The Overworked Expert

The Mixture of Experts reduced computation dramatically. But after a week of deployment, Blortz noticed an operational problem.

The Imbalance

Blortz: I have been tracking which expert teams are activated per token. Teams A, D, and F handle ninety-one percent of all tokens. The other five teams handle nine percent combined. Three teams have not been activated once in the last two days.

Trviksha examined the router's behaviour. Early in training, by chance, Teams A, D, and F had performed slightly better on a few initial batches. The router, following its gradients, had begun sending more tokens to those teams. With more tokens, those teams received more training signal and improved further. With improvement, the router sent even more tokens their way. The cycle reinforced itself until three teams dominated and five atrophied.

Trviksha: The router collapsed. It found a local optimum — send everything to the three best teams — and stuck with it. The other teams never received enough tokens to improve, so they stayed poor, so the router never sent them tokens.

Blortz: The same exploration-exploitation problem as the pterodactyl. The router exploits the best known experts and never explores the others.

Drysska: And the three active teams are overworked. They process thirty times the tokens they were designed for. If they had been designed for this load, they would need to be much larger — which defeats the purpose of having multiple small teams.

The Bottleneck

The practical consequence was severe. The three active teams were processing so many tokens that they became a bottleneck. In a parallel system — where many tokens were processed simultaneously — all tokens waiting for Teams A, D, and F had to queue, while the idle teams had nothing to do.

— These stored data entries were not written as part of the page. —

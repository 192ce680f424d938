//! Links (OSC 8).
ghost use Rattle.std.specs.Prelude.{◌≡◌, map};
ghost use Rattle.ansi_screen.specs.State.{changed};
ghost use Rattle.ansi_screen.specs.Links.{is_link, begins_link, links_after, link_after, commanded};

use super::Display;

/// So many links have a number.
const MAX_LINKS: u32 = u32::MAX;

/// Whether a command is OSC 8.
fn is_link(parts: &[&[u8]]) -> bool
    ensures { result ≡ is_link (map (λ part. part.now) parts.now) }
{
    match parts.split_first() {
        Some((number, _)) => *number == b"8".as_slice(),
        None => false,
    }
}

/// Whether a command begins a link.
fn begins_link(parts: &[&[u8]]) -> bool
    ensures { result ≡ begins_link (map (λ part. part.now) parts.now) }
{
    match parts {
        [number, _, uri, ..] => *number == b"8".as_slice() && !uri.is_empty(),
        _ => false,
    }
}

impl Display {
    /// The number of the link in force; 0, where none is.
    pub(crate) fn link(&self) -> u32
        ensures { result ≡ self.now.display.link }
    {
        self.link
    }

    /// An operating system command: OSC 8 begins a link, where there is a number for it, or ends one.
    #[tactic(auto, unfolding(crate::specs::Links::links_after, crate::specs::Links::link_after))]
    pub(crate) fn command(&mut self, parts: &[&[u8]])
        ensures { self.new ≡ changed (commanded (map (λ part. part.now) parts.now)) self.old }
    {
        if begins_link(parts) && self.links < MAX_LINKS {
            self.links += 1;
            self.link = self.links;
        } else if is_link(parts) {
            self.link = 0;
        }
    }
}
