//! Modes, margins, saved cursors, the alternate screen.
ghost use Rattle.std.specs.Prelude.{◌≡◌, ◌<◌};
ghost use Rattle.anstyle_parse.specs.Views.Params.{groups_shown};
ghost use Rattle.ansi_screen.specs.Display.{fresh};
ghost use Rattle.ansi_screen.specs.State.{changed, stepped};
ghost use Rattle.ansi_screen.specs.Edits.{renewed};
ghost use Rattle.ansi_screen.specs.Modes.{with_style, shifted, with_charset, saving, into_margins, restored, with_origin, with_margins, to_alternate, to_main, with_alternate, with_private_mode, with_mode, with_modes, softly_reset, first_field};

use super::Display;
use crate::place::{Charsets, Place};
use crate::tabs::reset_stops;
use ansi_style::Style;
use anstyle_parse::Params;

/// The first field of a group; 0, where there is none.
pub(super) fn first_field(group: &[u16]) -> u16
    ensures { result ≡ first_field group.now }
{
    match group {
        [field, ..] => *field,
        [] => 0,
    }
}

impl Display {
    /// SGR
    pub(super) fn select_style(&mut self, params: &Params)
        ensures { self.new ≡ changed (with_style (groups_shown params.now)) self.old }
    {
        self.cursor.style.select(params);
    }

    /// SO, SI
    pub(super) fn shift(&mut self, on: bool)
        ensures { self.new ≡ changed (shifted on) self.old }
    {
        self.cursor.charsets.uses_g1 = on;
    }

    /// G0 or G1 is the line drawing set, or letters.
    #[tactic(auto, unfolding(crate::specs::Modes::with_charset))]
    pub(super) fn set_charset(&mut self, mark: u8, final_byte: u8)
        ensures { self.new ≡ changed (with_charset mark final_byte) self.old }
    {
        let draws = final_byte == b'0';
        match mark {
            b'(' => self.cursor.charsets.g0_draws = draws,
            b')' => self.cursor.charsets.g1_draws = draws,
            _ => {}
        }
    }

    /// DECSC
    pub(super) fn save(&mut self)
        ensures { self.new ≡ changed saving self.old }
    {
        self.damage.note_frame();
        self.saved = self.cursor;
    }

    /// DECRC
    #[tactic(auto, unfolding(crate::specs::Modes::restored))]
    pub(super) fn restore(&mut self)
        ensures { self.new ≡ changed restored self.old }
    {
        self.cursor = self.saved;
        if self.cursor.is_relative {
            let row = self.cursor.row.min(self.bottom - 1).max(self.top);
            self.to_row(row);
        }
    }

    /// DECOM
    #[tactic(auto, unfolding(crate::specs::Modes::with_origin))]
    pub(super) fn set_origin(&mut self, on: bool)
        ensures { self.new ≡ changed (with_origin on) self.old }
    {
        self.cursor.is_relative = on;
        self.to_position(0, 0);
    }

    /// DECSTBM
    #[tactic(auto, unfolding(crate::specs::Modes::with_margins))]
    pub(super) fn set_margins(&mut self, first: u16, last: u16)
        ensures { self.new ≡ changed (with_margins first last) self.old }
    {
        let first = usize::from(first).max(1);
        let last = usize::from(last);
        let bottom = if 0 < last && last < self.cells.height() {
            last
        } else {
            self.cells.height()
        };
        if first < bottom {
            self.damage.note_frame();
            self.top = first - 1;
            self.bottom = bottom;
            self.to_position(0, 0);
        }
    }

    /// 1049 set
    #[tactic(auto, unfolding(crate::specs::Modes::to_alternate))]
    fn show_alternate(&mut self)
        ensures { self.new ≡ changed to_alternate self.old }
    {
        if !self.is_alternate {
            let style = self.cursor.style;
            self.damage.note_all();
            self.hidden.swap(&mut self.cells);
            self.cells.fill(style);
            self.saved = Place::home();
            self.is_alternate = true;
            self.hidden_saved = self.cursor;
        }
    }

    /// 1049 reset, but for the cursor
    #[tactic(auto, unfolding(crate::specs::Modes::to_main))]
    fn show_main(&mut self)
        ensures { self.new ≡ changed to_main self.old }
    {
        if self.is_alternate {
            self.damage.note_all();
            self.hidden.swap(&mut self.cells);
            self.hidden.clear();
            self.saved = self.hidden_saved;
            self.is_alternate = false;
            self.hidden_saved = Place::home();
        }
    }

    /// 1049
    #[tactic(auto, unfolding(crate::specs::Modes::with_alternate))]
    fn set_alternate(&mut self, on: bool)
        ensures { self.new ≡ changed (with_alternate on) self.old }
    {
        if on {
            self.show_alternate();
        } else {
            self.show_main();
            self.restore();
        }
    }

    #[tactic(auto, unfolding(crate::specs::Modes::with_private_mode))]
    fn set_private_mode(&mut self, on: bool, mode: u16)
        ensures { self.new ≡ changed (with_private_mode on mode) self.old }
    {
        match mode {
            6 => self.set_origin(on),
            7 => self.wraps = on,
            25 => self.is_visible = on,
            1049 => self.set_alternate(on),
            _ => {}
        }
    }

    #[tactic(auto, unfolding(crate::specs::Modes::with_mode))]
    fn set_mode(&mut self, on: bool, mode: u16)
        ensures { self.new ≡ changed (with_mode on mode) self.old }
    {
        if mode == 4 {
            self.inserts = on;
        }
    }

    /// SM, RM
    pub(super) fn set_modes(&mut self, on: bool, params: &Params)
        ensures { self.new ≡ changed (with_modes (with_mode on) (groups_shown params.now)) self.old }
    {
        for group in params {
            self.set_mode(on, first_field(group));
        }
    }

    /// DECSET, DECRST
    pub(super) fn set_private_modes(&mut self, on: bool, params: &Params)
        ensures { self.new ≡ changed (with_modes (with_private_mode on) (groups_shown params.now)) self.old }
    {
        for group in params {
            self.set_private_mode(on, first_field(group));
        }
    }

    /// DECSTR
    #[tactic(auto, unfolding(crate::specs::Modes::softly_reset))]
    pub(super) fn soft_reset(&mut self)
        ensures { self.new ≡ changed softly_reset self.old }
    {
        self.damage.note_frame();
        self.cursor.style = Style::default();
        self.cursor.is_relative = false;
        self.cursor.charsets = Charsets::letters();
        self.saved = Place::home();
        self.top = 0;
        self.bottom = self.cells.height();
        self.wraps = true;
        self.inserts = false;
        self.is_visible = true;
    }

    /// RIS
    pub(super) fn reset(&mut self)
        ensures { self.new ≡ stepped renewed self.old }
    {
        if self.is_alternate {
            self.swap_screens();
        }
        self.hand_out_printed();
        self.renew();
    }

    /// The display is a new one.
    fn renew(&mut self)
        ensures { self.new ≡ changed (λ d. fresh d.width d.height) self.old }
    {
        self.damage.note_all();
        self.cells.fill(Style::default());
        self.hidden.clear();
        reset_stops(self.tabs.as_mut_slice());
        self.cursor = Place::home();
        self.saved = Place::home();
        self.hidden_saved = Place::home();
        self.top = 0;
        self.bottom = self.cells.height();
        self.wraps = true;
        self.inserts = false;
        self.is_visible = true;
        self.links = 0;
        self.link = 0;
        self.is_alternate = false;
    }
}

Trviksha: Five teams sit idle. Three teams are overwhelmed. The total computation is the same, but it is concentrated in three places instead of spread across eight. The speed advantage of having multiple teams is lost.

The Balance Penalty

Trviksha added a penalty to the training objective: if the distribution of tokens across teams was too uneven, the model paid a cost. The penalty was proportional to how far the distribution deviated from uniform — ideally, each team should handle roughly the same fraction of tokens.

Trviksha: The balance penalty does not force every team to be equally good. It forces every team to receive enough tokens to have a chance to learn. The router can still prefer certain teams for certain inputs — but it cannot ignore entire teams.

She retrained with the balance penalty. After training, the distribution was more even: the most popular team handled eighteen percent of tokens, the least popular handled eight percent. Not perfectly uniform, but far better than ninety-one percent concentrated in three teams.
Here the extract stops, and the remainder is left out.